And while it's not easy, it's also not as hard as it could be, in part because dangerous sequences have publicly available blueprints. You use those blueprints for white-hat research—which is, indeed, why the open blueprints exist—or you can do the same for a black-hat attack. You could synthesize a dangerous pathogen's code on purpose, or you could unwittingly do so because someone tampered with your digital instructions. Ordering synthetic genes for viral sequences, says Peccoud, would likely be more difficult today than it was a decade ago.
"There is more awareness of the industry, and they are taking this more seriously," he says. "There is no specific regulation, though."
Trying to lock down the interconnected machines that enable synthetic biology, secure its lab processes, and keep dangerous pathogens out of the hands of bad actors is part of a relatively new field: cyberbiosecurity, whose name Peccoud and colleagues introduced in a 2018 paper.
Biological threats feel especially acute right now, during the ongoing pandemic. COVID-19 is a natural pathogen -- not one engineered in a lab. But future outbreaks could start from a bug nature didn't build, if the wrong people get ahold of the right genetic sequences, and put them in the right sequence. Securing the equipment and processes that make synthetic biology possible -- so that doesn't happen -- is part of why the field of cyberbiosecurity was born.
The Origin Story
It is perhaps no coincidence that the FBI pinged Peccoud when it did: soon after a journalist ordered a sequence of smallpox DNA and wrote, for The Guardian, about how easy it was. "That was not good press for anybody," says Peccoud. Previously, in 2002, the Pentagon had funded SUNY Stonybrook researchers to try something similar: They ordered bits of polio DNA piecemeal and, over the course of three years, strung them together.
Although many years have passed since those early gotchas, the current patchwork of regulations still wouldn't necessarily prevent someone from pulling similar tricks now, and the technological systems that synthetic biology runs on are more intertwined — and so perhaps more hackable — than ever. Researchers like Peccoud are working to bring awareness to those potential problems, to promote accountability, and to provide early-detection tools that would catch the whiff of a rotten act before it became one.
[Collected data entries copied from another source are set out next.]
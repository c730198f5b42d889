//! The variables that are seen at a place.

use stab_parse::Span;

/// A parameter or a let, by where its name is written, with its slot.
#[derive(Clone, Copy, Debug, PartialEq, Eq)]
pub struct Variable {
    pub name: Span,
    pub slot: u32,
}
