//! An entry of a journal, in 16 bytes.
ghost use Rattle.std.specs.Prelude.{◌≡◌, ◌≤◌, true, false};
ghost use Rattle.stab_journal.specs.Packed.{note_of, what_of};
ghost use Rattle.stab_journal.specs.declared.event.What.TheVariants.{Step};

use crate::event::{Event, Label, What};
use stab_base::{ChanId, RefId, Seq, ThreadId};
use std::marker::Model;

/// The worker that made an event, and whether that was struck.
#[derive(Clone, Copy)]
struct Note {
    worker: u8,
    struck: bool,
}

/// What happened, with a note of it. The note is in each variant, where it takes no room of its own.
#[derive(Clone, Copy)]
enum Packed {
    Local(Note, ThreadId, u32),
    Spawn(Note, ThreadId, ThreadId),
    NewChan(Note, ThreadId, ChanId),
    Comm(Note, ThreadId, ThreadId, ChanId),
    NewRef(Note, ThreadId, RefId),
    Get(Note, ThreadId, RefId),
    Set(Note, ThreadId, RefId),
    Enter(Note, ThreadId),
    Cut(Note, ThreadId),
    Print(Note, ThreadId),
    Probe(Note, ThreadId, i64),
    Refuse(Note, ThreadId),
    Pin(Note, ThreadId),
    Attempt(Note, ThreadId, u64),
    Undo(Note, ThreadId, Seq),
    Release(Note, u64),
}

/// An event, and whether it was struck. The worker's number has 8 bits.
#[derive(Drop)]
pub(crate) struct Entry {
    packed: Packed,
}

impl Model for Entry {
    ghost use Rattle.stab_journal.specs.Entry.{Entry as Seen, entry_code};
    ghost use Rattle.stab_journal.specs.contracts.event.Event as events;

    ghost Value = { Seen };

    ghost coded = { entry_code events.the_row.coded };

    ghost use Rattle.stab_journal.specs.Packed.{entry_of};

    ghost view = { λ e. entry_of e.packed };
}

impl Entry {
    /// An event that isn't struck.
    pub(crate) fn new(event: Event) -> Entry
        requires { event.worker ≤ 255 }
        ensures { result ≡ record { event = event; struck = false } }
    {
        let note = Note {
            worker: event.worker as u8,
            struck: false,
        };
        Entry {
            packed: pack(note, event.what),
        }
    }

    /// The event.
    pub(crate) fn event(&self) -> Event
        ensures { result ≡ self.now.event }
    {
        Event {
            worker: self.worker(),
            what: self.packed.what(),
        }
    }

    /// The worker that made it.
    pub(crate) fn worker(&self) -> u32
        ensures { result ≡ self.now.event.worker }
    {
        u32::from(self.packed.note().worker)
    }

    /// What happened.
    pub(crate) fn what(&self) -> What
        ensures { result ≡ self.now.event.what }
    {
        self.packed.what()
    }

    /// Whether it was struck.
    pub(crate) fn is_struck(&self) -> bool
        ensures { result ≡ self.now.struck }
    {
        self.packed.note().struck
    }

    /// Strikes it.
    pub(crate) fn strike(&mut self)
        ensures { self.new ≡ record { event = self.old.event; struck = true } }
    {
        let note = Note {
            struck: true,
            ..self.packed.note()
        };
        self.packed = pack(note, self.packed.what());
    }
}

impl Packed {
    fn note(&self) -> Note
        ensures { result ≡ note_of self.now }
    {
        match self {
            Packed::Local(note, _, _)
            | Packed::Spawn(note, _, _)
            | Packed::NewChan(note, _, _)
            | Packed::Comm(note, _, _, _)
            | Packed::NewRef(note, _, _)
            | Packed::Get(note, _, _)
            | Packed::Set(note, _, _)
            | Packed::Enter(note, _)
            | Packed::Cut(note, _)
            | Packed::Print(note, _)
            | Packed::Probe(note, _, _)
            | Packed::Refuse(note, _)
            | Packed::Pin(note, _)
            | Packed::Attempt(note, _, _)
            | Packed::Undo(note, _, _)
            | Packed::Release(note, _) => *note,
        }
    }

    fn what(&self) -> What
        ensures { result ≡ what_of self.now }
    {
        match self {
            Packed::Local(_, t, n) => What::Step(Label::Local(*t, *n)),
            Packed::Spawn(_, t, u) => What::Step(Label::Spawn(*t, *u)),
            Packed::NewChan(_, t, c) => What::Step(Label::NewChan(*t, *c)),
            Packed::Comm(_, s, r, c) => What::Step(Label::Comm(*s, *r, *c)),
            Packed::NewRef(_, t, r) => What::Step(Label::NewRef(*t, *r)),
            Packed::Get(_, t, r) => What::Step(Label::Get(*t, *r)),
            Packed::Set(_, t, r) => What::Step(Label::Set(*t, *r)),
            Packed::Enter(_, t) => What::Step(Label::Enter(*t)),
            Packed::Cut(_, t) => What::Step(Label::Cut(*t)),
            Packed::Print(_, t) => What::Step(Label::Print(*t)),
            Packed::Probe(_, t, i) => What::Step(Label::Probe(*t, *i)),
            Packed::Refuse(_, t) => What::Step(Label::Refuse(*t)),
            Packed::Pin(_, t) => What::Step(Label::Pin(*t)),
            Packed::Attempt(_, t, g) => What::Step(Label::Attempt(*t, *g)),
            Packed::Undo(_, t, m) => What::Undo(*t, *m),
            Packed::Release(_, k) => What::Release(*k),
        }
    }
}

fn pack(note: Note, what: What) -> Packed
    ensures note { note_of result ≡ note }
    ensures what { what_of result ≡ what }
{
    match what {
        What::Step(label) => pack_step(note, label),
        What::Undo(t, m) => Packed::Undo(note, t, m),
        What::Release(k) => Packed::Release(note, k),
    }
}

fn pack_step(note: Note, label: Label) -> Packed
    ensures note { note_of result ≡ note }
    ensures what { what_of result ≡ Step label }
{
    match label {
        Label::Local(t, n) => Packed::Local(note, t, n),
        Label::Spawn(t, u) => Packed::Spawn(note, t, u),
        Label::NewChan(t, c) => Packed::NewChan(note, t, c),
        Label::Comm(s, r, c) => Packed::Comm(note, s, r, c),
        Label::NewRef(t, r) => Packed::NewRef(note, t, r),
        Label::Get(t, r) => Packed::Get(note, t, r),
        Label::Set(t, r) => Packed::Set(note, t, r),
        Label::Enter(t) => Packed::Enter(note, t),
        Label::Cut(t) => Packed::Cut(note, t),
        Label::Print(t) => Packed::Print(note, t),
        Label::Probe(t, i) => Packed::Probe(note, t, i),
        Label::Refuse(t) => Packed::Refuse(note, t),
        Label::Pin(t) => Packed::Pin(note, t),
        Label::Attempt(t, g) => Packed::Attempt(note, t, g),
    }
}
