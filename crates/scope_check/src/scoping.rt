//! The program that a text's syntax stands for.
ghost use Rattle.std.specs.Prelude.{◌≡◌, [], None, Ok, IfOk, IfErr, length, map};
ghost use Rattle.stab_code.specs.Nodes.{nodes_in};
ghost use Rattle.stab_code.specs.Program.{program_of as program_with};
ghost use Rattle.stab_code.specs.Valid.{IsValid};
ghost use Rattle.scope_check.specs.Progress.{texts_of as texts_in};
ghost use Rattle.stab_parse.specs.FormList.{functions_of, nodes_of_program};
ghost use Rattle.scope_check.specs.Places.{part_lists as parts_of_each};
ghost use Rattle.scope_check.specs.Progress.{IsFaultOf};
ghost use Rattle.scope_check.specs.Reading.{IsReadFrom};
ghost use Rattle.scope_check.specs.Scope.{function_fault, program_scoped};

use crate::fault::ScopeFault;
use crate::header::function_names;
use crate::parts::part_lists;
use crate::plan::Plan;
use crate::progress::Progress;
use crate::stretches::plain_from;
use indexmap::IndexSet;
use stab_base::{FnId, Texts};
use stab_code::{Function, Nodes, PartLists, Program};
use stab_parse::Tree;
use std::alloc::Global;

/// The program that the syntax of a text stands for: the functions with their written types, slots and texts, and one node for
/// each form, function after function, each directly after the nodes of its parts. The bytes are those that the syntax was
/// read from: at most 1,048,576.
pub fn scope(alloc: Global, tree: &Tree, bytes: &[u8]) -> Result<Program, ScopeFault>
    requires { IsReadFrom bytes.now tree.now }
    ensures program { IfOk result (λ program. (read : IsReadFrom bytes.now tree.now)
        → program_scoped bytes.now read.syntax ≡ Ok program) }
    ensures fault { IfErr result (λ fault. (read : IsReadFrom bytes.now tree.now)
        → IsFaultOf (program_scoped bytes.now read.syntax) fault) }
{
    let functions = tree.functions.all();
    let forms = tree.forms.all();
    let names = function_names(alloc, bytes, functions)?;
    let parts = part_lists(alloc, forms)?;
    let plain_from = plain_from(alloc, forms)?;
    let plan = Plan {
        alloc,
        bytes,
        functions,
        names,
        forms,
        parts,
        plain_from,
    };
    planned(alloc, tree, plan)
}

// The program of a plan for what was read.
fn planned(alloc: Global, tree: &Tree, plan: Plan) -> Result<Program, ScopeFault>
    requires read { IsReadFrom plan.bytes.now tree.now }
    requires functions { (read : IsReadFrom plan.bytes.now tree.now) → functions_of read.syntax ≡ plan.functions.now }
    requires forms { (read : IsReadFrom plan.bytes.now tree.now) → nodes_of_program read.syntax ≡ plan.forms.now }
    requires laid { plan.parts ≡ parts_of_each 0 [] plan.forms.now }
    requires names { function_fault plan.bytes.now [] plan.functions.now ≡ None }
    ensures program { IfOk result (λ program. (read : IsReadFrom plan.entry.bytes.now tree.now)
        → program_scoped plan.entry.bytes.now read.syntax ≡ Ok program) }
    ensures fault { IfErr result (λ fault. (read : IsReadFrom plan.entry.bytes.now tree.now)
        → IsFaultOf (program_scoped plan.entry.bytes.now read.syntax) fault) }
{
    let main = plan.main()?;
    let mut progress = Progress::with_room(alloc, plan.forms.len())?;
    let made = plan.functions(&mut progress)?;
    program_of(alloc, plan.parts, progress, made, main)
}

// The program of these parts.
fn program_of(
    alloc: Global,
    parts: PartLists,
    progress: Progress,
    made: Vec<Function>,
    main: FnId,
) -> Result<Program, ScopeFault>
    requires laid { length progress.heads.items ≡ length parts }
    requires valid { IsValid (program_with made.items (nodes_in progress.heads.items parts) (texts_in progress) main) }
    ensures program { IfOk result (λ program. program ≡ program_with made.items (nodes_in progress.heads.items parts) (texts_in progress) main) }
    ensures fault { IfErr result (λ fault. fault ≡ ScopeFault.NoMemory) }
{
    let texts = texts_of(alloc, progress.texts)?;
    let nodes = Nodes::of(progress.heads, parts);
    Ok(Program::new(made, nodes, texts, main))
}

fn texts_of(alloc: Global, numbered: IndexSet<Vec<u8>>) -> Result<Texts, ScopeFault>
    ensures texts { IfOk result (λ texts. texts ≡ map (λ text. text.items) numbered.keys) }
    ensures fault { IfErr result (λ fault. fault ≡ ScopeFault.NoMemory) }
{
    let mut texts = Vec::new(alloc);
    for text in numbered {
        texts.push(text)?;
    }
    Ok(Texts::new(texts))
}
Peccoud notes that if someone wants to get access to a specific pathogen, it is probably easier to collect it from the environment or take it from a biodefense lab than to whip it up synthetically. "However, people could use genetic databases to design a system that combines different genes in a way that would make them dangerous together without each of the components being dangerous on its own," he says. "This would be much more difficult to detect."
After his meeting with the FBI, Peccoud grew more interested in these sorts of security questions. So he was paying attention when, in 2010, the Department of Health and Human Services — now helping manage the response to COVID-19 — created guidance for how to screen synthetic biology orders, to make sure suppliers didn't accidentally send bad actors the sequences that make up bad genomes.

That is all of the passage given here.